I have got a hint, set $\displaystyle e^x = t$, but unfortunately that does not help me much. - Feb 10th 2010, 06:18 AMfelper
i think that it must be $\displaystyle e^x-e^{-x}=a$. Am i correct?

- Feb 10th 2010, 06:26 AMSabo
Doh! Yes, you are right. I have edited the post.

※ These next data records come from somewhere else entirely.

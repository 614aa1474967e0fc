//! A word that names species that there are.
ghost use Rattle.std.specs.Prelude.{◌≡◌, ◌<◌, ◌≤◌, ◌^◌, length, position, Ok, Err, IfOk, MatchResult};
ghost use Rattle.smol_line.specs.SpeciesWord.{chosen_in, means_all, number_in, opens_bracket, species_name, species_word_in};

use crate::name_set::NameSet;
use crate::words::spells;
use smol_types::Kind;

/// The species that a word means: those of the numbers from the first to before the end.
#[derive(Clone, Copy, Debug, PartialEq, Eq)]
pub struct Chosen {
    pub first: usize,
    pub end: usize,
}

// Where the bracket of a species word begins.
fn bracket_of(word: &[u8]) -> Option<usize>
    ensures { result ≡ position opens_bracket word.now }
{
    word.iter().position(|byte| *byte == b'(')
}

fn means_all(bracket: &[u8]) -> bool
    ensures { result ≡ means_all bracket.now }
{
    spells(bracket, "(all)") || spells(bracket, "(soln)") || spells(bracket, "(solution)")
}

// The part of a species word before its bracket.
fn species_name(word: &[u8]) -> Result<&[u8], Kind>
    ensures { MatchResult result (λ name. species_name word.now ≡ Ok name.now) (λ kind. species_name word.now ≡ Err kind) }
{
    match bracket_of(word) {
        None => Ok(word),
        Some(at) if means_all(&word[at..]) => Ok(&word[..at]),
        Some(_) => Err(Kind::NotInProfile),
    }
}

/// The number of what a word names, counted from 0.
pub fn number_in(names: &NameSet, word: &[u8]) -> Result<u16, Kind>
    requires { length names.now ≤ 2 ^ 16 }
    ensures value { result ≡ number_in names.now word.now }
    ensures within { IfOk result (λ number. number < length names.now) }
{
    match names.number_of(word) {
        Some(number) => Ok(number as u16),
        None => Err(Kind::UnknownName),
    }
}

/// The number of the species that a word names.
pub fn species_word_in(names: &NameSet, word: &[u8]) -> Result<u16, Kind>
    requires { length names.now ≤ 2 ^ 16 }
    ensures value { result ≡ species_word_in names.now word.now }
    ensures within { IfOk result (λ number. number < length names.now) }
{
    number_in(names, species_name(word)?)
}

/// The species that a word means, by their numbers: the word `all` means each of them.
pub fn chosen_in(names: &NameSet, word: &[u8]) -> Result<Chosen, Kind>
    requires { length names.now ≤ 2 ^ 16 }
    ensures value { result ≡ chosen_in names.now word.now }
    ensures ordered { IfOk result (λ chosen. chosen.first ≤ chosen.end) }
    ensures within { IfOk result (λ chosen. chosen.end ≤ length names.now) }
{
    if spells(word, "all") {
        return Ok(Chosen {
            first: 0,
            end: names.len(),
        });
    }
    let number = usize::from(species_word_in(names, word)?);
    Ok(Chosen {
        first: number,
        end: number + 1,
    })
}
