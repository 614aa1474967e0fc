//! The name of a panel: the last word of its line, or one by the number of panels before it.
ghost use Rattle.std.specs.Prelude.{◌≡◌, ◌≤◌, ◌++◌, ◌∷◌, ◌==◌, [], length, false, Ok, Err, IfOk, OnOk, string_bytes};
ghost use Rattle.std.specs.Result.{IsOkAnd};
ghost use Rattle.smol_types.specs.declared.fault.Kind.{Kind as TheKind};
ghost use Rattle.smol_line.specs.declared.refusal.Refusal.TheVariants.{At};
ghost use Rattle.smol_text.specs.Reading.{words_of};
ghost use Rattle.smol_line.specs.Words.{word_at};
ghost use Rattle.smol_blocks.specs.Panel.{default_name, name_in, plain_count};

use smol_line::{NameSet, Refusal, new_name_in, word_at};
use smol_text::StatedLine;
use smol_types::Kind;
use std::alloc::{AllocError, Global};

// The name of a panel behind so many.
#[tactic(auto, unfolding(crate::specs::Panel::default_name))]
fn default_name(alloc: Global, count: usize) -> Result<String, AllocError>
    ensures { IfOk result (λ name. string_bytes name ≡ default_name count) }
{
    format!(in alloc; "rect{count}")
}

// Adds the name of a panel whose line gives none.
#[tactic(auto, unfolding(crate::specs::Panel::name_in))]
fn add_default(
    alloc: Global,
    names: &mut NameSet,
    dims: u8,
    line: &StatedLine<'_>,
) -> Result<(), Refusal>
    requires { length (words_of line.now) ≡ plain_count dims }
    ensures added { OnOk result (names.new ≡ names.old ++ default_name (length names.old) ∷ []) }
    ensures accepted { OnOk result (name_in dims names.old line.now ≡ Ok (default_name (length names.old))) }
    ensures refused { (kind : TheKind) → result ≡ Err (At kind) → name_in dims names.old line.now ≡ Err kind }
{
    let name = default_name(alloc, names.len())?;
    if names.number_of(name.as_bytes()).is_some() {
        return Err(Refusal::At(Kind::RepeatedName));
    }
    names.add(alloc, name.as_str())?;
    Ok(())
}

// Adds the name that the line of a panel gives.
#[tactic(auto, unfolding(crate::specs::Panel::name_in))]
fn add_given(
    alloc: Global,
    names: &mut NameSet,
    dims: u8,
    line: &StatedLine<'_>,
) -> Result<(), Refusal>
    requires dims { dims ≤ 3 }
    requires named { (length (words_of line.now) == plain_count dims) ≡ false }
    ensures added { OnOk result (names.new ≡ names.old ++ word_at line.now (plain_count dims) ∷ []) }
    ensures accepted { OnOk result (name_in dims names.old line.now ≡ Ok (word_at line.now (plain_count dims))) }
    ensures refused { (kind : TheKind) → result ≡ Err (At kind) → name_in dims names.old line.now ≡ Err kind }
{
    let name = new_name_in(
        names,
        word_at(
            line,
            3 + usize::from(dims) + usize::from(dims.saturating_sub(1)),
        ),
    )?;
    names.add(alloc, name)?;
    Ok(())
}

/// Adds the name of the panel of a line.
pub fn add_name(
    alloc: Global,
    names: &mut NameSet,
    dims: u8,
    line: &StatedLine<'_>,
) -> Result<(), Refusal>
    requires least { 1 ≤ dims }
    requires most { dims ≤ 3 }
    ensures added { OnOk result (IsOkAnd (name_in dims names.old line.now) (λ name. names.new ≡ names.old ++ name ∷ [])) }
    ensures refused { (kind : TheKind) → result ≡ Err (At kind) → name_in dims names.old line.now ≡ Err kind }
{
    if line.len() == 2 * usize::from(dims) + 2 {
        add_default(alloc, names, dims, line)
    } else {
        add_given(alloc, names, dims, line)
    }
}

- Feb 10th 2010, 06:28 AMdanielomalmsteen
- Feb 10th 2010, 06:28 AMfelper
Ahaa! That equation is well know. Now, i'll give you some help:

$\displaystyle e^x+e^{-x}=a$

Let be $\displaystyle e^x=t \implies e^{-x}= \dfrac{1}{t}$ then the equation transform to

$\displaystyle t+\dfrac{1}{t}=a$

Multiplying by t both sides:

$\displaystyle t^2+1=at$

can you finish it? - Feb 10th 2010, 06:48 AMSabo
Well, I guess it would go something along the lines of

$\displaystyle t^2 -at + 1 = 0$

$\displaystyle (t-\dfrac{a}{2})^2 - \dfrac{a^2+4}{4} = 0$

$\displaystyle (t-\dfrac{a}{2})^2 = \dfrac{a^2+4}{4}$

$\displaystyle t-\dfrac{a}{2} = +-\sqrt{\dfrac{a^2+4}{4}}$

$\displaystyle t = \dfrac{a +- \sqrt{a^2+4}}{2}$

For some reason I don't think that's the end of it though... - Feb 10th 2010, 06:52 AMdanielomalmsteen
now remember that $\displaystyle e^x>0$

- Feb 10th 2010, 06:53 AMfelper
- Feb 10th 2010, 07:21 AMSabo
Hmm...

$\displaystyle t = e^x = \dfrac{a+-\sqrt{a^2+4}}{2} \implies x = \ln(\dfrac{a+-\sqrt{a^2+4}}{2})$

I guess that can be considered a solution? Or? If it is, can we simplify it further?